Several strengths and limitations of our study are worth describing. We used rare data from a particularly vulnerable population (homeless individuals) which is usually difficult to reach. Moreover, interviews were conducted during the COVID-19 pandemic. The response rate in the Hamburg survey of homeless individuals was very high (98%). To the best of our knowledge, this is the first study assessing the prevalence and investigating the determinants of fear of COVID-19 among homeless individuals during the COVID-19 pandemic. Moreover, another strength of this study is that other COVID-19-related questions were included (perceived risk of contracting COVID-19; consequences of COVID-19 diagnosis for own life; perceived modifiability of getting infected with SARS-CoV-2) in our analysis.
Similar single-item measures were used to measure fear of COVID-19 in previous research12 and also in assessing fear of other illnesses such as dementia in other large cohort studies.18,36,37 Furthermore, we used such a tool due to the vulnerability of this specific group, which generally requires the use of ultrashort tools to avoid misunderstandings and item non-response.2 Moreover, our outcome measure showed a high face validity. Nevertheless, it should be noted that initially validated COVID-19 scales have been developed in the year 2020 such as the tool conducted by Ahorsu et al38. Moreover, since some missing data were present in the Hamburg survey of homeless individuals, we checked the robustness of our results by using ordered probit models and linear regression models with full information maximum likelihood (FIML) for dealing with missing data.24,25 The additional models produced nearly identical results. Furthermore, it should be emphasized that this is a cross-sectional study with its inherent limitations regarding causality.
Conclusion
Given the poor hygienic conditions and their increased vulnerability, data surprisingly suggest a quite low fear of COVID-19 among homeless individuals. Efforts may be beneficial which contribute to thinking rationally about COVID-19 among homeless people, since low levels of fear of COVID-19 may contribute to careless behavior and can lead to super-spreading events.
Funding Statement
The study was made financially possible by uncommitted private donations to the University Medical Centre Hamburg-Eppendorf.
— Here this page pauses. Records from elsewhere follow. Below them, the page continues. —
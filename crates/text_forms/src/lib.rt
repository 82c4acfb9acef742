// Canonical texts as definitions and laws: forms, patterns, what reading finds. No function: a change to a reader or a printer rechecks
// none of it.
#![tactic(auto)]

// The largest word of 32 bits.
pub const WORD: u32 = 4294967295;

// The first word that stands for a negative number.
pub const NEGATIVE: u32 = 2147483648;
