// Digits run together, read from a text. Apart from the lines, which read no digit by itself.
#![tactic(auto)]

ghost use Rattle.std.specs.Prelude.{◌≡◌, ◌++◌, ◌-◌, ◌≤◌, length, drop, map, take_while};
ghost use Rattle.std.specs.Char.{is_ascii_digit};
ghost use Rattle.text_digits.specs.Answers.{DigitsRead};
ghost use Rattle.text_digits.specs.Inner.{Low};

// Digits that were read: how many, and the place after them.
#[derive(Clone, Copy, PartialEq, Eq, Debug)]
pub struct Row {
    pub count: usize,
    pub next: usize,
}

// Why `digits` reads none: the place at fault, more digits than the area holds, or a place beyond the text.
#[derive(Clone, Copy, PartialEq, Eq, Debug)]
pub enum RowError {
    Wrong(usize),
    Full,
    Beyond,
}

// How many digits stand first in a text.
fn digit_count(text: &[u8]) -> usize
    ensures { result ≡ length (take_while is_ascii_digit text.now) }
{
    text.iter().take_while(|c| c.is_ascii_digit()).count()
}

// Puts the values of digits to the front of out.
fn store_digits(digits: &[u8], out: &mut [u8])
    requires not_below { Low digits.now }
    requires room { length digits.now ≤ length out.old }
    ensures { out.new ≡ map (λ c. c - 48) digits.now ++ drop (length digits.now) out.old }
{
    for (k, &c) in digits.iter().enumerate() {
        out[k] = c - b'0';
    }
}

// Reads digits run together, one or more: the value of each goes to an entry of its own.
pub fn digits(s: &[u8], at: usize, out: &mut [u8]) -> Result<Row, RowError>
    ensures { DigitsRead s.now at out.old out.new result }
{
    if s.len() < at {
        return Err(RowError::Beyond);
    }
    let text = &s[at..];
    let n = digit_count(text);
    if n == 0 {
        return Err(RowError::Wrong(at));
    }
    if out.len() < n {
        return Err(RowError::Full);
    }
    store_digits(&text[..n], out);
    Ok(Row {
        count: n,
        next: at + n,
    })
}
The funders had no role in study design, data collection and analysis, decision to publish, or preparation of the manuscript.
Abbreviations
BAGW, Federal Association for Assistance to Homeless People; CASMIN, Comparative Analysis of Social Mobility in Industrial Nations; CDT, carbohydrate-deficient transferrin; COVID-19, coronavirus disease 2019; FIML, full information maximum likelihood; HIV, human immunodeficiency virus; Ref, reference category; R2, coefficient of determination; SARS-CoV-2, severe acute respiratory syndrome coronavirus type 2; SD, standard deviation.
Data Sharing Statement
The datasets analysed during the current study are not publicly available due to ethical restrictions involving patient data but are available from the corresponding author on reasonable request.
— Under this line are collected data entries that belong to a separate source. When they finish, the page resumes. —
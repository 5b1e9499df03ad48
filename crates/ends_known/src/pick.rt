//! What the subtasks of a scope may have come to together.

use crate::call::{Way, number};
use crate::part::{Filter, Part, Run, ways_left, with_part};
use crate::seen::{Facts, Seen};
use crate::table::Table;
use laws_calls::joiners::{is_success, is_trigger, limit};
use laws_calls::table::{Asked, Knowledge};
use std::alloc::{AllocError, Global};
use sts_code::Joiner;
use sts_model::End;

/// How many ends count towards a cancel, and the counts that are needed; the others are 0.
#[derive(Clone, Copy, PartialEq, Eq, PartialOrd, Ord)]
pub struct Count {
    pub triggers: u32,
    pub successes: u32,
    pub failures: u32,
    pub unavailable: u32,
    pub total: i64,
}

/// Which counts are needed.
#[derive(Clone, Copy)]
pub struct Needs {
    pub successes: bool,
    pub failures: bool,
    pub unavailable: bool,
    pub total: bool,
}

/// A count that some picks come to, and the fewest interrupts for it.
#[derive(Clone, Copy)]
pub struct Sum {
    pub count: Count,
    pub cost: u32,
    /// The place of the sum without the last part.
    before: u32,
    /// The way of the last part, or `None` if it is unavailable.
    way: Option<u32>,
}

/// What the sums may not exceed.
#[derive(Clone, Copy)]
struct Bounds {
    triggers: u32,
    cost: u32,
    asked: Asked,
}

const NOTHING: Count = Count {
    triggers: 0,
    successes: 0,
    failures: 0,
    unavailable: 0,
    total: 0,
};

/// The sum of no parts.
const NO_PARTS: Sum = Sum {
    count: NOTHING,
    cost: 0,
    before: 0,
    way: None,
};

impl Needs {
    /// The counts that the owner has asked for.
    pub fn asked(asked: Asked) -> Needs {
        Needs {
            successes: asked.successes.is_some(),
            failures: asked.failures.is_some(),
            unavailable: asked.unavailable.is_some(),
            total: asked.total.is_some(),
        }
    }
}

/// The count of one part that came to this end, or is unavailable.
fn contribution(joiner: Joiner, needs: Needs, end: Option<End>) -> Count {
    match end {
        None => Count {
            unavailable: u32::from(needs.unavailable),
            ..NOTHING
        },
        Some(end) => Count {
            triggers: u32::from(is_trigger(joiner, end)),
            successes: u32::from(needs.successes && is_success(end)),
            failures: u32::from(needs.failures && !is_success(end)),
            unavailable: 0,
            total: match end {
                End::Success(value) if needs.total => value,
                _ => 0,
            },
        },
    }
}

fn added(a: Count, b: Count) -> Count {
    Count {
        triggers: a.triggers.saturating_add(b.triggers),
        successes: a.successes.saturating_add(b.successes),
        failures: a.failures.saturating_add(b.failures),
        unavailable: a.unavailable.saturating_add(b.unavailable),
        total: a.total.wrapping_add(b.total),
    }
}

/// The count of a number of parts that count alike.
fn times(count: Count, parts: u32) -> Count {
    Count {
        triggers: count.triggers.saturating_mul(parts),
        successes: count.successes.saturating_mul(parts),
        failures: count.failures.saturating_mul(parts),
        unavailable: count.unavailable.saturating_mul(parts),
        total: count.total.wrapping_mul(i64::from(parts)),
    }
}

fn is_at_most(count: u32, most: Option<u32>) -> bool {
    match most {
        None => true,
        Some(most) => count <= most,
    }
}

impl Bounds {
    fn admit(&self, sum: &Sum) -> bool {
        sum.cost <= self.cost
            && sum.count.triggers <= self.triggers
            && is_at_most(sum.count.successes, self.asked.successes)
            && is_at_most(sum.count.failures, self.asked.failures)
            && is_at_most(sum.count.unavailable, self.asked.unavailable)
    }
}

/// The place of a count.
fn place_of(sums: &[Sum], count: Count) -> Option<usize> {
    sums.iter().position(|one| one.count == count)
}

/// Adds a choice, unless its count is there for no more interrupts.
fn keep(sums: &mut Vec<Sum>, sum: Sum) -> Result<(), AllocError> {
    let Some(place) = place_of(sums.as_slice(), sum.count) else {
        sums.push(sum)?;
        return Ok(());
    };
    if let Some(there) = sums.get_mut(place) {
        if sum.cost < there.cost {
            *there = sum;
        }
    }
    Ok(())
}

/// Adds the choices of those ways that a part may have come to.
fn push_ways(
    joiner: Joiner,
    needs: Needs,
    part: Part,
    ways: &[Way],
    found: &mut Vec<Sum>,
) -> Result<(), AllocError> {
    let mut place: u32 = 0;
    for way in ways {
        if part.filter.allows(joiner, place, way.end) {
            let sum = Sum {
                count: contribution(joiner, needs, Some(way.end)),
                cost: way.cost,
                before: 0,
                way: Some(place),
            };
            keep(found, sum)?;
        }
        place = place.saturating_add(1);
    }
    Ok(())
}

/// Adds the sums with this choice of one part more, in the same order.
fn push_shifted(
    bounds: &Bounds,
    sums: &[Sum],
    choice: &Sum,
    after: &mut Vec<Sum>,
) -> Result<(), AllocError> {
    let mut before: u32 = 0;
    for sum in sums {
        let next = Sum {
            count: added(sum.count, choice.count),
            cost: sum.cost.saturating_add(choice.cost),
            before,
            way: choice.way,
        };
        if bounds.admit(&next) {
            after.push(next)?;
        }
        before = before.saturating_add(1);
    }
    Ok(())
}

/// Which of two lists the next sum comes from.
#[derive(Clone, Copy)]
enum Source {
    Ours,
    Theirs,
    Both,
}

fn next_from(ours: &Sum, theirs: &Sum) -> Source {
    if ours.count < theirs.count {
        Source::Ours
    } else if theirs.count < ours.count {
        Source::Theirs
    } else {
        Source::Both
    }
}

/// The sum with fewer interrupts.
fn cheaper(ours: &Sum, theirs: &Sum) -> Sum {
    if theirs.cost < ours.cost {
        *theirs
    } else {
        *ours
    }
}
Ethics Approval and Informed Consent
Prior to investigation, all individuals gave their written informed consent. The study was conducted in accordance with the Declaration of Helsinki, and the ethical statement was obtained from the medical council of Hamburg (application number: PV7333).
Consent for Publication
Not applicable.
Author Contributions
All authors made a significant contribution to the work reported, whether that is in the conception, study design, execution, acquisition of data, analysis and interpretation, or in all these areas; took part in drafting, revising or critically reviewing the article; gave final approval of the version to be published; have agreed on the journal to which the article has been submitted; and agree to be accountable for all aspects of the work.
Disclosure
The authors report no conflicts of interest in this work.